The Facebook data science folks even implemented a small Bokeh wrapper in Lua,
as part of their iTorch package:
[https://github.com/facebook/iTorch/blob/master/Plot.lua](https://github.com/facebook/iTorch/blob/master/Plot.lua)

So, you can see that you can get started with a basic wrapper, and then build
up from there. The Lua wrapper is only ~850 lines. If you want to pop over to
the mailing list or on our Github, we'd love to help you out.

------
navbaker
Any chance of getting access to the old tutorials that consisted of scripts
with the boilerplate written, but missing the key functionality? I was really
enjoying working through them and digging into the docs, then all of a sudden
they were taken offline and I was directed to the notebooks.

------
Niksko
Bokeh is cool, but I've found that it's method for customizing appearance of
graphs is a little unintuitive and clunky.

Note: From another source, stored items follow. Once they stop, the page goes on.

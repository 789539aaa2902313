//! A challenge is answered: the request is made again, signed as the server requires (RFC 8489, section
//! 9.2.5).

ghost use Rattle.std.specs.Prelude.{◌≡◌, ◌<◌, ◌≤◌, false, IfOk, IsSome, OnErr, OnOk, Some, true};
ghost use Rattle.turn_agent.specs.Agent.{is_outstanding};
ghost use Rattle.turn_auth.specs.Challenge.{MayTake};
ghost use Rattle.turn_auth.specs.LongTerm.{with_challenge};
ghost use Rattle.turn_client_api.specs.Grants.{purposes_of};
ghost use Rattle.turn_client_api.specs.Judgement.{challenge_in};
ghost use Rattle.turn_client_api.specs.Memory.{challenge_takes_memory};
ghost use Rattle.turn_client_api.specs.Payloads.{challenge_step};
ghost use Rattle.turn_client_api.specs.Retry.{phase_after, retried, state_after_retry};
ghost use Rattle.turn_client_api.specs.State.{State, auth_of};
ghost use Rattle.turn_client_core.specs.Outgoing.{request_queued, with_room};
ghost use Rattle.turn_client_core.specs.ProtocolRecv.{IsPart, outcome_in};
ghost use Rattle.turn_client_grants.specs.Ledger.{SameRoomBut, with_ledger};
ghost use Rattle.turn_client_requests.specs.RequestAttributes.{IsRequestFor};
ghost use Rattle.turn_stun.specs.Message.{id_of};

use crate::answered_purposes::retried;
use crate::outbox::Outbox;
use crate::protocol::TurnClientProtocol;
use crate::protocol_recv::TurnProtocolRecv;
use std::alloc::{AllocError, Global};
use std::net::SocketAddr;
use turn_auth::long_term::LongTermClientAuth;
use turn_auth::received_challenge::ReceivedChallenge;
use turn_auth::server_challenge::ServerChallenge;
use turn_client_api::{Phase, Purpose};
use turn_client_grants::GrantLedger;
use turn_client_requests::request_under;
use turn_stun::data::Data;
use turn_stun::instant::Instant;
use turn_stun::message::Message;
use turn_stun::transaction::TransactionId;
use turn_stun::transport::TransportType;
use turn_types::AddressFamily;

impl TurnClientProtocol {
    /// Answers the challenge, or ends the client if it is one too many. A challenge that concerns no
    /// request over the control connection is ignored unless it is one too many.
    ///
    /// # Errors
    ///
    /// If memory allocation fails. Nothing changes then, and the values of earlier challenges are kept.
    /// A challenge that is ignored allocates none.
    pub(crate) fn challenged(
        &mut self,
        message: &Message<'_>,
        challenge: &ReceivedChallenge<'_>,
        now: Instant,
    ) -> Result<TurnProtocolRecv, AllocError>
        requires { challenge_in self.old message.now ≡ Some challenge.now }
        ensures answer { IfOk result (λ outcome. outcome_in message.now outcome ≡ (challenge_step message.now challenge.now now self.old).0) }
        ensures part { IfOk result (IsPart message.now self.old self.new) }
        ensures after { OnOk result (self.new ≡ (challenge_step message.now challenge.now now self.old).1) }
        ensures err { OnErr result (self.new ≡ self.old) }
        ensures wanted { OnErr result (challenge_takes_memory message.now self.old ≡ true) }
    {
        if self.challenges < u32::from(self.config.max_stale_nonces().get()) {
            return self.answer_challenge(message, challenge, now);
        }
        self.fail()?;
        Ok(TurnProtocolRecv::Handled)
    }

    /// Answers the challenge if its ID is listed for something that is requested over the control
    /// connection. Memory is allocated only then.
    ///
    /// # Errors
    ///
    /// If memory allocation fails. Nothing changes then.
    fn answer_challenge(
        &mut self,
        message: &Message<'_>,
        challenge: &ReceivedChallenge<'_>,
        now: Instant,
    ) -> Result<TurnProtocolRecv, AllocError>
        requires challenge { challenge_in self.old message.now ≡ Some challenge.now }
        requires few { self.old.challenges < self.old.config.max_stale_nonces }
        requires small { self.old.challenges < 65535 }
        ensures answer { IfOk result (λ outcome. outcome_in message.now outcome ≡ (challenge_step message.now challenge.now now self.old).0) }
        ensures part { IfOk result (IsPart message.now self.old self.new) }
        ensures after { OnOk result (self.new ≡ (challenge_step message.now challenge.now now self.old).1) }
        ensures err { OnErr result (self.new ≡ self.old) }
        ensures wanted { OnErr result (IsSome (retried (purposes_of (id_of message.now) self.old))) }
    {
        let id = message.transaction_id();
        let purposes = self.ledger.table().purposes_of(id);
        let Some(purpose) = retried(&purposes) else {
            return Ok(TurnProtocolRecv::Ignored);
        };
        self.ask_again(id, challenge, &purpose, now)?;
        Ok(TurnProtocolRecv::Handled)
    }

    /// Accepts the challenge, and makes the request with this ID again for this purpose. The old request
    /// is no longer outstanding.
    ///
    /// # Errors
    ///
    /// If memory allocation fails. Nothing changes then.
    fn ask_again(
        &mut self,
        id: TransactionId,
        challenge: &ReceivedChallenge<'_>,
        purpose: &Purpose,
        now: Instant,
    ) -> Result<(), AllocError>
        requires fits { MayTake (auth_of self.old) challenge.now }
        requires few { self.old.challenges < self.old.config.max_stale_nonces }
        requires small { self.old.challenges < 65535 }
        requires asked { retried (purposes_of id self.old) ≡ Some purpose.now }
        ensures ok { OnOk result (self.new ≡ state_after_retry self.old id purpose.now challenge.now now) }
        ensures err { OnErr result (self.new ≡ self.old) }
    {
        let fresh = self.fresh_id();
        let signed = request_again(
            self.alloc,
            &self.auth,
            self.ledger.transport(),
            self.families.as_slice(),
            challenge,
            purpose,
            fresh,
        )?;
        let from = self.local_addr();
        let waits_from = self.waits_from(now);
        let challenge = queue_again(
            &mut self.ledger,
            &mut self.outbox,
            fresh,
            signed,
            from,
            waits_from,
        )?;
        self.outbox.end(id);
        self.ledger.ask_again(id, fresh);
        self.auth.accept(challenge);
        self.phase = after_challenge(self.phase);
        self.challenges += 1;
        Ok(())
    }
}

/// The challenge for the client to hold, and the request with this ID for the purpose, signed as it requires.
///
/// # Errors
///
/// `AllocError` if memory allocation fails.
pub(crate) fn request_again(
    alloc: Global,
    auth: &LongTermClientAuth,
    transport: TransportType,
    families: &[AddressFamily],
    challenge: &ReceivedChallenge<'_>,
    purpose: &Purpose,
    id: TransactionId,
) -> Result<(ServerChallenge, Data), AllocError>
    requires { IsSome auth.now.credentials }
    ensures exact { IfOk result (λ signed. signed.0 ≡ challenge.now) }
    ensures text { IfOk result (λ signed. IsRequestFor (with_challenge challenge.now auth.now) transport families.now purpose.now id signed.1) }
{
    let accepted = challenge.copied(alloc)?;
    let text = request_under(alloc, auth, &accepted, transport, families, purpose, id)?;
    Ok((accepted, text))
}

/// Makes room for two listings, and queues a signed request with this ID, the next one, to be sent from
/// this local address, and to wait for its response from that time on. Returns the challenge under which
/// it is signed.
///
/// # Errors
///
/// `AllocError` if memory allocation fails. Only the room may change then.
pub(crate) fn queue_again(
    ledger: &mut GrantLedger,
    outbox: &mut Outbox,
    id: TransactionId,
    signed: (ServerChallenge, Data),
    from: SocketAddr,
    waits_from: Instant,
) -> Result<ServerChallenge, AllocError>
    requires { is_outstanding id outbox.old.transactions ≡ false }
    ensures challenge { IfOk result (λ challenge. challenge ≡ signed.0) }
    ensures same { (s : State) → with_ledger ledger.new s ≡ with_ledger ledger.old s }
    ensures listing_room { OnOk result (2 ≤ ledger.new.listing_room) }
    ensures room { SameRoomBut 0 0 ledger.old ledger.new }
    ensures ok { OnOk result (outbox.new ≡ with_room outbox.new.room (request_queued id from signed.1 waits_from outbox.old)) }
    ensures err { OnErr result (outbox.new ≡ with_room outbox.new.room outbox.old) }
{
    let (challenge, text) = signed;
    ledger.reserve(0, 2, 0, 0)?;
    outbox.ask(id, text, from, waits_from)?;
    Ok(challenge)
}

/// The phase after the answer to a challenge: the first ALLOCATE is signed then.
fn after_challenge(phase: Phase) -> Phase
    ensures { result ≡ phase_after phase }
{
    match phase {
        Phase::Requesting => Phase::Authenticating,
        Phase::New => Phase::New,
        Phase::Authenticating => Phase::Authenticating,
        Phase::Allocated => Phase::Allocated,
        Phase::Closed => Phase::Closed,
    }
}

For example, have a look at this cursory analysis of my Reddit comments that I
did late last year. Getting the graphs to look nice felt like pulling teeth at
the time.

[http://nbviewer.jupyter.org/github/Niksko/redditCommentData/...](http://nbviewer.jupyter.org/github/Niksko/redditCommentData/blob/master/CommentAnalysis.ipynb)

That being said, I'm reasonably happy with the results. And that pannable,
zoomable line graph is pretty fancy and is easy to set up.

------
bootload
_" To use the Bokeh server with python 2.7, you also need to install Futures
package."_

Does this statement mean it supports Py3 and if you want to use it with 2.7
you need Futures? Or is it only Py2.X? [0]

[0]
[http://bokeh.pydata.org/en/latest/docs/installation.html](http://bokeh.pydata.org/en/latest/docs/installation.html)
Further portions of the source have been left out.